| Work item |
Retype exactly, and only, the lines from the one that contains "let mut idents = Keep::new();" through the final line of the entries.

| Input records |

= Beginning of Section =

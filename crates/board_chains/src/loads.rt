//! What of a list of names is loaded.

ghost use Rattle.std.specs.Prelude.{◌≡◌, ◌≤◌, length};
ghost use Rattle.cached_machine.specs.desc_parents.specs.Idents.{idents_of};
ghost use Rattle.cached_machine.specs.desc_stores.specs.Contents.{residents_of};

use arrayvec::ArrayVec;
use cache_ident::{Ident, Name};
use cached_machine::CachedMachine;
use flat_state::MOST_WANTED;

/// Identifiers of what stays while something is loaded.
pub type Keep = ArrayVec<Ident, MOST_WANTED>;

/// The identifiers of those of the names that are loaded. It takes a search for each name.
pub fn loaded_among(machine: &CachedMachine, names: &[Name]) -> Keep
    requires { length names.now ≤ MOST_WANTED }
    ensures { result.items ≡ idents_of (residents_of machine.now.held.contents) names.now }
{
    machine.tables_are_sound();
    let mut idents = Keep::new();
    for name in names {
        if let Some(ident) = machine.tables().resident(*name) {
            idents.push(ident);
        }
    }
    idents
}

= End of Section =

| Solved problem |
    let mut idents = Keep::new();
    for name in names {
        if let Some(ident) = machine.tables().resident(*name) {
            idents.push(ident);
        }
    }
    idents
}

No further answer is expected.